Confirmed cases and deaths, which are widely considered to be an undercount of the true toll, are counts of individuals whose coronavirus infections were confirmed by a molecular laboratory test.

This explanation is on the NYT's case tracker page for Alameda County here: https://www.nytimes.com/interactive/2021/us/alameda-california-covid-cases.html .

Given the increasing COVID levels in Alameda County wastewater, and given that microCOVID's calculator doesn't seem to factor in those increases, I think that microCOVID is underestimating the /COVID risk at events around Alameda County

justinhaaheim commented 2 years ago

@sameerjain0123 I'm not really sure how to interpret this wastewater data here.
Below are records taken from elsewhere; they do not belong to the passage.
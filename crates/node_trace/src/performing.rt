//! What the lines do, and how they are answered.

use crate::changes::{write_all_registers, write_changes};
use crate::commands::{NodeChange, Query, TraceCommand};
use crate::fault::TraceFault;
use crate::instruction::InstructionByte;
use crate::packets::{peek, poke, receive, send, write_packet};
use crate::program::{ProgramLine, write_source};
use crate::settings::NodeSettings;
use crate::sizes::memory_size;
use crate::snapshot::Snapshot;
use crate::trial::write_trial;
use answer_text::{write_seen, write_stepped};
use bootstrap::{
    BootFault, CODE_START, Cpu, LEAST_BOOTED, Links, MOST_BOOTED, Memory, NoMemory, Node, Stepped,
    boot_message,
};
use script_text::TextWriter;
use std::alloc::Global;
use step_meter::{OutOfSteps, StepMeter};
use t414_assembly::{Instruction, write_instruction};
use t414_decode::{Function, accumulate, decode};

/// The workspace of the process on a fresh node.
const WORKSPACE: u32 = 0x8000_0200;

/// A fresh node that runs: its memory is zero, its links have done nothing, A, B and C are 0, W is 80000200, Iptr 80000048
/// where code begins, and the queue is empty.
pub fn open_running(alloc: Global, size: usize) -> Result<Node, NoMemory> {
    let registers = Cpu::new(CODE_START, WORKSPACE);
    let memory = Memory::new(alloc, memory_size(size))?;
    Ok(Node::running(memory, Links::new(), registers))
}

/// A text without the blanks before and after it, or `-` if it is empty.
pub fn or_dash(alloc: Global, text: &str) -> Result<String, NoMemory> {
    let text = text.trim();
    String::from_str(alloc, if text.is_empty() { "-" } else { text })
}

/// Does what a line asks for on a node, and writes the answer. Returns the node as it is then.
pub fn perform<M: StepMeter>(
    alloc: Global,
    node: Node,
    command: &TraceCommand,
    meter: &mut M,
    text: &mut TextWriter,
) -> Result<Node, TraceFault> {
    let mut node = node;
    match command {
        TraceCommand::Node(size, settings) => {
            return Ok(put(open_running(alloc, *size)?, settings, text));
        }
        TraceCommand::Open(size) => return Ok(Node::open(alloc, memory_size(*size))?),
        TraceCommand::Set(settings) => return Ok(put(node, settings, text)),
        TraceCommand::Try(settings) => write_trial(alloc, settings, text)?,
        TraceCommand::Decode(bytes) => write_decoded(bytes.as_slice(), text),
        TraceCommand::Ask(query) => write_answer(&node, *query, text),
        TraceCommand::Step(count) => write_steps(&mut node, *count, meter, text)?,
        TraceCommand::Take(link) => write_packet(text, node.take(*link)),
        TraceCommand::Peek(address) => match peek(&mut node, *address) {
            Some(word) => text.push_word(word),
            None => text.push("none"),
        },
        TraceCommand::NodeChange(change) => {
            let before = Snapshot::of(&node)?;
            make_change(alloc, &mut node, change, meter, text)?;
            write_changes(text, &before, &node, 0);
        }
    }
    Ok(node)
}

/// Writes what a Step answered.
pub fn push_stepped(text: &mut TextWriter, stepped: Stepped) {
    let written = write_stepped(text.as_mut_string(), stepped);
    text.keep_failure(written);
}

// Puts settings into a node.
fn put(node: Node, settings: &NodeSettings, text: &mut TextWriter) -> Node {
    let (node, stored) = settings.put(node);
    match stored {
        None => text.push("no registers"),
        Some(Ok(())) => {}
        Some(Err(fault)) => push_stepped(text, Stepped::Fault(fault)),
    }
    node
}

// Answers what changes nothing.
fn write_answer(node: &Node, query: Query, text: &mut TextWriter) {
    match query {
        Query::Look => {
            let written = write_seen(text.as_mut_string(), node.look());
            text.keep_failure(written);
        }
        Query::Quiet => text.push(if node.quiet() { "quiet" } else { "not quiet" }),
        Query::Registers => match node.registers() {
            Some(registers) => write_all_registers(text, &registers),
            None => text.push("no registers"),
        },
        Query::Word(address) => match node.memory().word(address) {
            Ok(word) => text.push_word(word),
            Err(fault) => push_stepped(text, Stepped::Fault(fault)),
        },
    }
}

// Changes a node, and writes what was answered beside the changes.
fn make_change<M: StepMeter>(
    alloc: Global,
    node: &mut Node,
    change: &NodeChange,
    meter: &mut M,
    text: &mut TextWriter,
) -> Result<(), TraceFault> {
    match change {
        NodeChange::Run(count) => run(node, *count, meter, text)?,
        NodeChange::Deliver(link, packet) => node.deliver(*link, *packet),
        NodeChange::Reset => node.reset(),
        NodeChange::Clear => node.clear(),
        NodeChange::Send(link, bytes) => send(node, *link, bytes.as_slice()),
        NodeChange::Boot(link, code) => match boot_message(alloc, code.as_slice()) {
            Ok(message) => send(node, *link, message.as_slice()),
            Err(BootFault::NoMemory) => return Err(TraceFault::Memory(NoMemory)),
            Err(fault) => write_refused(text, fault, code.len()),
        },
        NodeChange::Receive(link) => match receive(node, *link) {
            Some(byte) => text.push_hex_byte(byte),
            None => text.push("none"),
        },
        NodeChange::Poke(address, word) => poke(node, *address, *word),
    }
    Ok(())
}

// Writes that a boot doesn't take `count` bytes of code.
fn write_refused(text: &mut TextWriter, fault: BootFault, count: usize) {
    text.push("refused ");
    text.push_decimal(u64::from(fault.number()));
    text.push(": a boot takes ");
    text.push_decimal(LEAST_BOOTED as u64);
    text.push(" to ");
    text.push_decimal(MOST_BOOTED as u64);
    text.push(" bytes of code, and this has ");
    text.push_decimal(count as u64);
    if let BootFault::TooLong = fault {
        text.push(" (`lab assemble --pokes` prints the lines of a script that load more)");
    }
}

// Does Steps up to one that would not be recorded, and writes how many, and what the last answered.
fn run<M: StepMeter>(
    node: &mut Node,
    count: u64,
    meter: &mut M,
    text: &mut TextWriter,
) -> Result<(), OutOfSteps> {
    let mut done: u64 = 0;
    let mut last = None;
    for _ in 0..count {
        if done >= count {
            break;
        }
        let some = meter.allow(count - done)?;
        let burst = node.burst(some);
        meter.note(burst.steps);
        done = done.saturating_add(burst.steps);
        last = burst.last.or(last);
        if burst.steps < some {
            break;
        }
    }
    text.push_decimal(done);
    if let Some(last) = last {
        text.push(" ");
        push_stepped(text, last);
    }
    Ok(())
}

// Does Steps up to one that doesn't run, and writes a line for each: its instruction, what it answered, what changed.
fn write_steps<M: StepMeter>(
    node: &mut Node,
    count: u64,
    meter: &mut M,
    text: &mut TextWriter,
) -> Result<(), TraceFault> {
    for number in 0..count {
        let _ = meter.allow(1)?;
        meter.note(1);
        if number != 0 {
            text.push("\n");
        }
        let next = InstructionByte::next(node)?;
        if write_step(node, next, ProgramColumn::NONE, text)? != Stepped::Ran {
            break;
        }
    }
    Ok(())
}

/// The lines of a program, as a column of `width` letters.
#[derive(Clone, Copy)]
pub struct ProgramColumn<'a> {
    pub lines: &'a [ProgramLine<'a>],
    pub width: usize,
}

impl ProgramColumn<'_> {
    // No program is known.
    const NONE: ProgramColumn<'static> = ProgramColumn {
        lines: &[],
        width: 0,
    };
}

/// Does one Step, which does this instruction byte, and writes the instruction, its place and line in a program if it has
/// one, what it answered and what changed.
pub fn write_step(
    node: &mut Node,
    next: Option<InstructionByte>,
    source: ProgramColumn,
    text: &mut TextWriter,
) -> Result<Stepped, NoMemory> {
    let before = Snapshot::of(node)?;
    let stepped = node.step();
    if let Some(instruction) = next {
        let begin = text.as_mut_string().len();
        instruction.write(text);
        if write_source(text, begin, source.lines, instruction.address, source.width) {
            text.push(" ");
        }
        text.push(" ");
    }
    push_stepped(text, stepped);
    write_changes(text, &before, node, u32::from(next.is_some()));
    Ok(stepped)
}

// Writes the instructions that bytes spell, each with its whole operand, and what a last prefix leaves in O.
fn write_decoded(bytes: &[u8], text: &mut TextWriter) {
    let mut operand = 0;
    for byte in bytes {
        let (function, _) = decode(*byte);
        operand = accumulate(operand, *byte);
        if !matches!(function, Function::Prefix | Function::NegativePrefix) {
            write_instruction(text, Instruction { function, operand });
            text.push(" ");
            operand = 0;
        }
    }
    if operand != 0 {
        text.push("O ");
        text.push_word(operand);
    }
}
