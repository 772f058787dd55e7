//! Code whose lines in a text are known, whatever made it.

/// A piece of code that belongs to one line of a text.
#[derive(Clone, Copy)]
pub struct CodePiece {
    /// The address of its first byte.
    pub address: u32,
    pub length: u32,
    /// The number of the line, from 1.
    pub line: u32,
    /// The line that had the piece put in place, if it was.
    pub instance: Option<u32>,
}

/// What is in a variable.
#[derive(Clone, Copy)]
pub enum ShownType {
    /// A number in two's complement.
    Int,
    /// A number from 0 to 255, or a character.
    Byte,
    /// 0 for FALSE and 1 for TRUE.
    Bool,
    /// The descriptor of the process that waits there, or NotProcess.
    Channel,
}

/// A variable of a program, or an array of variables one after another.
#[derive(Drop)]
pub struct ProgramVariable {
    pub name: String,
    pub shown: ShownType,
    /// The line that declares it.
    pub line: u32,
    /// The address of its first byte.
    pub address: u32,
    /// How many elements it has, if it is an array. An element takes a word, but of BYTE a byte.
    pub length: Option<u32>,
}

impl ProgramVariable {
    /// The address of an element, if it is an array that has it; without a subscript that of the first byte.
    pub fn address_at(&self, subscript: Option<u32>) -> Option<u32> {
        let Some(subscript) = subscript else {
            return Some(self.address);
        };
        let length = self.length?;
        if subscript >= length {
            return None;
        }
        let size = match self.shown {
            ShownType::Byte => 1,
            ShownType::Int | ShownType::Bool | ShownType::Channel => 4,
        };
        Some(self.address.wrapping_add(subscript.wrapping_mul(size)))
    }
}

/// The code of a program, and what is known of it.
pub struct MarkedCode {
    pub bytes: Vec<u8>,
    /// The pieces that belong to lines, from the lowest address on.
    pub pieces: Vec<CodePiece>,
    /// Where the code of each line begins. A line may be there several times.
    pub begins: Vec<CodePiece>,
    pub variables: Vec<ProgramVariable>,
}

// Dropped by hand, since a derived `Drop` makes callers prove the drop of each field.
impl Drop for MarkedCode {
    fn drop(self) {
        let MarkedCode {
            bytes: _,
            pieces: _,
            begins: _,
            variables: _,
        } = self;
    }
}
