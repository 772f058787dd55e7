//! What has changed in a node, in words: registers, flags, words of memory, links, always in this order. What isn't named
//! is as it was.

use crate::snapshot::Snapshot;
use bootstrap::Node;
use link_channels::{FourLinks, Link};
use node_memory::{MEMORY_START, Memory};
use script_text::TextWriter;
use t414_step::Cpu;

/// The most words that a memory has.
const MOST_WORDS: u32 = 16_384;

/// A value of a node.
#[derive(Clone, Copy, PartialEq, Eq)]
enum Value {
    Word(u32),
    Count(u32),
    Flag(bool),
    Byte(Option<u8>),
    /// Where a message goes on, and how many bytes are left.
    Message(u32, u32),
}

/// A value with its name.
#[derive(Clone, Copy)]
struct ChangedField {
    name: &'static str,
    value: Value,
}

impl ChangedField {
    fn new(name: &'static str, value: Value) -> ChangedField {
        ChangedField { name, value }
    }
}

/// Writes a blank, a name and a value for each thing that changed. After `bytes` bytes of instructions Iptr is expected to be
/// greater by that number, the count of bytes too, up to 1,024, and O to be 0: what is as expected is left out.
pub fn write_changes(text: &mut TextWriter, before: &Snapshot, node: &Node, bytes: u32) {
    if let Some(new) = node.registers() {
        match before.registers {
            Some(old) => write_differing(
                text,
                &register_fields(&after_bytes(old, bytes)),
                &register_fields(&new),
            ),
            None => write_all_registers(text, &new),
        }
    }
    write_memory(text, &before.memory, node.memory());
    write_links(text, &before.links, &node.links().four());
}

// The registers after `bytes` bytes of instructions that change no others.
fn after_bytes(registers: Cpu, bytes: u32) -> Cpu {
    if bytes == 0 {
        return registers;
    }
    Cpu {
        instruction: registers.instruction.wrapping_add(bytes),
        bytes: registers.bytes.saturating_add(bytes).min(1024),
        operand: 0,
        ..registers
    }
}

/// Writes all registers.
pub fn write_all_registers(text: &mut TextWriter, registers: &Cpu) {
    for field in &register_fields(registers) {
        write_field(text, *field);
    }
}

fn register_fields(registers: &Cpu) -> [ChangedField; 12] {
    [
        ChangedField::new("Iptr", Value::Word(registers.instruction)),
        ChangedField::new("W", Value::Word(registers.workspace)),
        ChangedField::new("A", Value::Word(registers.a)),
        ChangedField::new("B", Value::Word(registers.b)),
        ChangedField::new("C", Value::Word(registers.c)),
        ChangedField::new("O", Value::Word(registers.operand)),
        ChangedField::new("bytes", Value::Count(registers.bytes)),
        ChangedField::new("Front", Value::Word(registers.queue.front)),
        ChangedField::new("Back", Value::Word(registers.queue.back)),
        ChangedField::new("Error", Value::Flag(registers.error)),
        ChangedField::new("HaltOnError", Value::Flag(registers.halt_on_error)),
        ChangedField::new("running", Value::Flag(registers.running)),
    ]
}

fn link_fields(link: &Link) -> [ChangedField; 9] {
    let (input, output) = (&link.end.input, &link.end.output);
    [
        ChangedField::new("sends", Value::Byte(link.end.latch.byte)),
        ChangedField::new("acknowledges", Value::Flag(link.end.latch.acknowledge)),
        ChangedField::new("holds", Value::Byte(input.buffer)),
        ChangedField::new("overruns", Value::Count(input.overruns)),
        ChangedField::new("awaits", Value::Flag(output.awaits)),
        ChangedField::new("acknowledged", Value::Flag(output.acknowledged)),
        ChangedField::new(
            "input",
            Value::Message(link.input_pointer, link.input_count),
        ),
        ChangedField::new(
            "output",
            Value::Message(link.output_pointer, link.output_count),
        ),
        ChangedField::new("watched", Value::Flag(link.watched)),
    ]
}

/// Writes a blank, a name and a value for each field of a link.
pub fn write_link_fields(text: &mut TextWriter, link: &Link) {
    for field in &link_fields(link) {
        write_field(text, *field);
    }
}

// Writes the new fields whose values differ from the old.
fn write_differing(text: &mut TextWriter, old: &[ChangedField], new: &[ChangedField]) {
    for (old, new) in old.iter().zip(new.iter()) {
        if old.value != new.value {
            write_field(text, *new);
        }
    }
}

fn write_field(text: &mut TextWriter, field: ChangedField) {
    text.push(" ");
    text.push(field.name);
    text.push(" ");
    match field.value {
        Value::Word(word) => text.push_word(word),
        Value::Count(count) => text.push_decimal(u64::from(count)),
        Value::Flag(flag) => text.push(if flag { "1" } else { "0" }),
        Value::Byte(Some(byte)) => text.push_hex_byte(byte),
        Value::Byte(None) => text.push("-"),
        Value::Message(pointer, count) => {
            text.push_word(pointer);
            text.push(" ");
            text.push_decimal(u64::from(count));
        }
    }
}

fn write_memory(text: &mut TextWriter, old: &Memory, new: &Memory) {
    for index in 0..MOST_WORDS {
        let address = MEMORY_START.wrapping_add(index.wrapping_mul(4));
        let Ok(word) = new.word(address) else {
            break;
        };
        if old.word(address) != Ok(word) {
            text.push(" word ");
            text.push_word(address);
            text.push(" ");
            text.push_word(word);
        }
    }
}

fn write_links(text: &mut TextWriter, old: &FourLinks, new: &FourLinks) {
    write_link(text, " link 0", &old.zero, &new.zero);
    write_link(text, " link 1", &old.one, &new.one);
    write_link(text, " link 2", &old.two, &new.two);
    write_link(text, " link 3", &old.three, &new.three);
}

fn write_link(text: &mut TextWriter, name: &str, old: &Link, new: &Link) {
    if !new.equals(old) {
        text.push(name);
        write_differing(text, &link_fields(old), &link_fields(new));
    }
}
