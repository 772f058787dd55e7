//! The instruction byte that a Step does.

use bootstrap::Node;
use link_channels::Links;
use node_memory::{Fault, Memory};
use script_text::TextWriter;
use std::alloc::AllocError;
use t414_assembly::{Instruction, write_instruction};
use t414_decode::{Function, decode};
use t414_step::Cpu;

/// An instruction byte: its address, and the operand register before it.
#[derive(Clone, Copy)]
pub struct InstructionByte {
    pub address: u32,
    pub byte: u8,
    pub operand: u32,
}

impl InstructionByte {
    /// The byte that the node's next Step does, after its links were served. `None` if a Step does none: the node
    /// doesn't run, no process can go on, or a fault comes before the byte.
    pub fn next(node: &Node) -> Result<Option<InstructionByte>, AllocError> {
        let Some(mut registers) = node.registers() else {
            return Ok(None);
        };
        let mut memory = node.memory().copy(node.memory().allocator())?;
        let mut links = node.links().copy();
        Ok(find_next(&mut registers, &mut memory, &mut links).unwrap_or(None))
    }

    /// Writes the name and the operand; an operation by its name alone.
    pub fn write(self, text: &mut TextWriter) {
        let (function, nibble) = decode(self.byte);
        let operand = match function {
            Function::Prefix | Function::NegativePrefix => u32::from(nibble),
            _ => self.operand | u32::from(nibble),
        };
        write_instruction(text, Instruction { function, operand });
    }
}

// Serves the links, and finds the byte that is done then.
fn find_next(
    registers: &mut Cpu,
    memory: &mut Memory,
    links: &mut Links,
) -> Result<Option<InstructionByte>, Fault> {
    links.serve_all(memory, &mut registers.queue)?;
    match next_place(registers, memory)? {
        Some((address, operand)) => Ok(Some(InstructionByte {
            address,
            byte: memory.byte(address)?,
            operand,
        })),
        None => Ok(None),
    }
}

// Where the current process goes on, or the first of the queue, and the operand register there.
fn next_place(registers: &mut Cpu, memory: &mut Memory) -> Result<Option<(u32, u32)>, Fault> {
    if registers.running {
        return Ok(Some((registers.instruction, registers.operand)));
    }
    match registers.queue.take(memory)? {
        Some(process) => {
            let workspace = process & 0xffff_fffc;
            Ok(Some((memory.word(workspace.wrapping_sub(4))?, 0)))
        }
        None => Ok(None),
    }
}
The increase that you're talking about from 2/9/22 to 2/15/22 goes back down after that. Possibly noise?

The microcovid model accounts for underreporting in general, but I don't know if it would account for a change in the underreporting factor due to a shift from people getting PCR tests to people using at-home antigen tests. It's not clear to me that the data you're sharing actually shows a statistically significant discrepancy here between JHU data and wastewater data given the possible noise/imprecision of the wastewater data, but I'm not an expert on the data side and will defer to others on that point.